Collected data

Start of Block

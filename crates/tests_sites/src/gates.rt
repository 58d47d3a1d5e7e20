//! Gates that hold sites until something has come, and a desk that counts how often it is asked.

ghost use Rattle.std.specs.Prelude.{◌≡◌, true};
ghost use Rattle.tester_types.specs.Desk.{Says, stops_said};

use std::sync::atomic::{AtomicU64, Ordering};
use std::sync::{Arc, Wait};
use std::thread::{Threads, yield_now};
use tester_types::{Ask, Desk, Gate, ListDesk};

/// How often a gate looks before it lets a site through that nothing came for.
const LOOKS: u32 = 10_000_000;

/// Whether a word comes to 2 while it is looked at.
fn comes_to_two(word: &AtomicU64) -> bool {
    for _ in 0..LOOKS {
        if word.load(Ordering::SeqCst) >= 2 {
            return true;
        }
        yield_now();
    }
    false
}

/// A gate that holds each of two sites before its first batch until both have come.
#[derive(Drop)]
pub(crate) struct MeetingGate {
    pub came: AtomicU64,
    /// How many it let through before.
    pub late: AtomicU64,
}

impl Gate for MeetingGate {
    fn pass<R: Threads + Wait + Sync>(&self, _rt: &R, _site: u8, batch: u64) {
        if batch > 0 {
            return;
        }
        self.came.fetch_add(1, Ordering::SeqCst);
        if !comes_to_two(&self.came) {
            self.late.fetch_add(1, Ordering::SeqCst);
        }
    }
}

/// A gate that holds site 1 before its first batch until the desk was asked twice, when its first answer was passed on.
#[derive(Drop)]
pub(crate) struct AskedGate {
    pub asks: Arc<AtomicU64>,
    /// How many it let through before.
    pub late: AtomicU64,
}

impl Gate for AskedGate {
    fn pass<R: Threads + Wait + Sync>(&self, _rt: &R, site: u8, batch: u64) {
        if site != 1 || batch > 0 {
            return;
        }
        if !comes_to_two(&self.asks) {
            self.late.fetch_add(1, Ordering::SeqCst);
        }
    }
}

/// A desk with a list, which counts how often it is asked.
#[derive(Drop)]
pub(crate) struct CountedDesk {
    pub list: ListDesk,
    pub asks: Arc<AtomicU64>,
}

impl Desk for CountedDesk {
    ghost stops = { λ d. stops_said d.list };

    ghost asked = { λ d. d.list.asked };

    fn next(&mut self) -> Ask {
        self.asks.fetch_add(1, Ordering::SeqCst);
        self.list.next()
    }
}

End of Block

The problem
Please write out the records from above, keeping every line exact.

Answer to this task
filename crates/tests_sites/src/gates.rt
repository 58d47d3a1d5e7e20
//! Gates that hold sites until something has come, and a desk that counts how often it is asked.

ghost use Rattle.std.specs.Prelude.{◌≡◌, true};
ghost use Rattle.tester_types.specs.Desk.{Says, stops_said};

use std::sync::atomic::{AtomicU64, Ordering};
use std::sync::{Arc, Wait};
use std::thread::{Threads, yield_now};
use tester_types::{Ask, Desk, Gate, ListDesk};

/// How often a gate looks before it lets a site through that nothing came for.
const LOOKS: u32 = 10_000_000;

/// Whether a word comes to 2 while it is looked at.
fn comes_to_two(word: &AtomicU64) -> bool {
    for _ in 0..LOOKS {
        if word.load(Ordering::SeqCst) >= 2 {
            return true;
        }
        yield_now();
    }
    false
}

/// A gate that holds each of two sites before its first batch until both have come.
#[derive(Drop)]
pub(crate) struct MeetingGate {
    pub came: AtomicU64,
    /// How many it let through before.
    pub late: AtomicU64,
}

impl Gate for MeetingGate {
    fn pass<R: Threads + Wait + Sync>(&self, _rt: &R, _site: u8, batch: u64) {
        if batch > 0 {
            return;
        }
        self.came.fetch_add(1, Ordering::SeqCst);
        if !comes_to_two(&self.came) {
            self.late.fetch_add(1, Ordering::SeqCst);
        }
    }
}

/// A gate that holds site 1 before its first batch until the desk was asked twice, when its first answer was passed on.
#[derive(Drop)]
pub(crate) struct AskedGate {
    pub asks: Arc<AtomicU64>,
    /// How many it let through before.
    pub late: AtomicU64,
}

impl Gate for AskedGate {
    fn pass<R: Threads + Wait + Sync>(&self, _rt: &R, site: u8, batch: u64) {
        if site != 1 || batch > 0 {
            return;
        }
        if !comes_to_two(&self.asks) {
            self.late.fetch_add(1, Ordering::SeqCst);
        }
    }
}

/// A desk with a list, which counts how often it is asked.
#[derive(Drop)]
pub(crate) struct CountedDesk {
    pub list: ListDesk,
    pub asks: Arc<AtomicU64>,
}

impl Desk for CountedDesk {
    ghost stops = { λ d. stops_said d.list };

    ghost asked = { λ d. d.list.asked };

    fn next(&mut self) -> Ask {
        self.asks.fetch_add(1, Ordering::SeqCst);
        self.list.next()
    }
}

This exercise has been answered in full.